According to ProPublica, although Trump Jr., the Pentagon, and Vulcan Elements said Trump Jr. was not involved in the loan deal and the company did not benefit from political favoritism, his close friend—White House trade and manufacturing counselor Peter Navarro—personally made the call to the Pentagon's Office of Strategic Capital last fall, asking them to quickly approve the loan.
The message to staffers in the office at the time was: "The call came from the White House: We have to get this done," one Pentagon employee told ProPublica.
Vetting of companies that the department is considering for funding usually takes months, but the staff "worked late nights and with little sleep to get the loan through in a matter of weeks," the investigative outlet reported.
The $620 million loan dramatically increased Vulcan's valuation, which was estimated to be about $200 million around the time that 1789 Capital, Trump Jr.'s venture capital firm, invested.
Three months after the company took a stake, Vulcan was valued at an estimated $2 billion.

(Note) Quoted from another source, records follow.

// What a request asks for: the operation of a rule.
ghost use Rattle.policy_json.specs.Operations.{operation_faults, operation_in};

use crate::both_listed::both_listed;
use crate::texts::ShortText;
use crate::values::{PathValue, PortValue};
use mesh_doc::{DocError, Form, Spot};
use mesh_policy::OperationSpec;
use serde_json::Value;
use std::alloc::Global;

const HOSTS: &str = "hosts";

const NOT_HOSTS: &str = "notHosts";

const PORTS: &str = "ports";

const NOT_PORTS: &str = "notPorts";

const METHODS: &str = "methods";

const NOT_METHODS: &str = "notMethods";

const PATHS: &str = "paths";

const NOT_PATHS: &str = "notPaths";

/// An operation: its unknown fields, and then the faults of its eight lists.
pub(crate) struct Operation;

impl Form for Operation {
    type Out = OperationSpec;

    ghost faults = { operation_faults };

    ghost value = { operation_in };

    #[tactic(auto, unfolding(crate::specs::Operations::operation_faults, crate::specs::Operations::operation_in))]
    fn read(alloc: Global, v: &Value, at: &Spot) -> Result<OperationSpec, DocError> {
        at.only_fields(
            alloc,
            v,
            &[
                HOSTS,
                NOT_HOSTS,
                PORTS,
                NOT_PORTS,
                METHODS,
                NOT_METHODS,
                PATHS,
                NOT_PATHS,
            ],
        )?;
        let hosts = both_listed::<ShortText>(alloc, v, HOSTS, NOT_HOSTS, at)?;
        let ports = both_listed::<PortValue>(alloc, v, PORTS, NOT_PORTS, at)?;
        let methods = both_listed::<ShortText>(alloc, v, METHODS, NOT_METHODS, at)?;
        let paths = both_listed::<PathValue>(alloc, v, PATHS, NOT_PATHS, at)?;
        Ok(OperationSpec {
            hosts: hosts.values,
            not_hosts: hosts.not_values,
            ports: ports.values,
            not_ports: ports.not_values,
            methods: methods.values,
            not_methods: methods.not_values,
            paths: paths.values,
            not_paths: paths.not_values,
        })
    }
}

"While your family pays higher prices, companies connected to the Trump family get giant government contracts," said Sen. Elizabeth Warren (D-Mass.) in response to the new reporting. "Congress must investigate: Is this corruption at the highest level? We need answers NOW."
ProPublica also reported that a week before the Vulcan loan was made public, Trump Jr. had Navarro as a guest on his streaming show, "Triggered with Don Jr.," and urged his nearly 2 million subscribers to purchase Navarro's book.
The outlet noted that Trump and his family have been accused of corruption and self-dealing numerous times; a drone parts manufacturer that Trump Jr. owns a stake in is also being considered for a Pentagon loan, and the family has added billions of dollars to their fortunes through World Liberty Financial, a cryptocurrency firm founded by the president's two eldest sons.
"The Vulcan loan represents the first time the awarding of a contract from a federal agency has been directly linked to White House intervention," reported ProPublica.
A Pentagon spokesperson maintained in a statement to the outlet that "no company receives preferential treatment" and that "outside affiliations, investors, or political connections play absolutely no role in the department’s funding decisions.”
But progressive advocate Melanie D'Arrigo said the numerous financial benefits enjoyed by Trump's family during his presidency are not the result of "coincidence."
"It's all corruption," she said.
Democratic lawmakers earlier this year pushed to subpoena Trump Jr., seeking answers about how the company he was tied to secured its funding, but Republicans in the US House blocked the effort.
“If there is nothing to hide,” said Rep. Maxine Dexter (D-Ore.) in March, “then why won’t Donald Trump Jr. explain to this committee why, just months after becoming a partner, his firm’s financial stake grew substantially following the single largest loan ever issued by the Pentagon’s Office of Strategic Capital? This is the oligarchy on full display."